* _What is being asked_: Below are the records; collect from them each line containing the string "payload".

(Collection entries)
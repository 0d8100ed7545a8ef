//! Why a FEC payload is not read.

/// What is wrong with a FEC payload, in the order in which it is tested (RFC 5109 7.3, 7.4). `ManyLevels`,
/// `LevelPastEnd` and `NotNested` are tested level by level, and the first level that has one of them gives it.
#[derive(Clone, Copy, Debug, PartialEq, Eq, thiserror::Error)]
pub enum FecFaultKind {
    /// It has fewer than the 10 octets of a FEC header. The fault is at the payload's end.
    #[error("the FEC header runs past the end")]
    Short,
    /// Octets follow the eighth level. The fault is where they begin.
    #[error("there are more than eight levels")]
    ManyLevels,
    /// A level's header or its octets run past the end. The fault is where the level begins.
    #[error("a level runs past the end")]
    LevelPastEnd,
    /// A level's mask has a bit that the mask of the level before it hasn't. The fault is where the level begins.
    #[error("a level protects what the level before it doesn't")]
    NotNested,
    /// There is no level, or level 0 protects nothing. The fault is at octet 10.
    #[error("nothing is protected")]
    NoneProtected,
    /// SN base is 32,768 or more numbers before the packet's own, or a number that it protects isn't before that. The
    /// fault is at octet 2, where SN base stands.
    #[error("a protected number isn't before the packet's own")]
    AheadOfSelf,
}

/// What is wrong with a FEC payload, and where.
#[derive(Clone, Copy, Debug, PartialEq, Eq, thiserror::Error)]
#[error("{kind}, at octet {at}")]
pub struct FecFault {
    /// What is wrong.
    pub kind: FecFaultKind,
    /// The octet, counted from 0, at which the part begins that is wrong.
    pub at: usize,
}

* _Answer space_:
//! Why a FEC payload is not read.
/// What is wrong with a FEC payload, in the order in which it is tested (RFC 5109 7.3, 7.4). `ManyLevels`,
    /// It has fewer than the 10 octets of a FEC header. The fault is at the payload's end.
/// What is wrong with a FEC payload, and where.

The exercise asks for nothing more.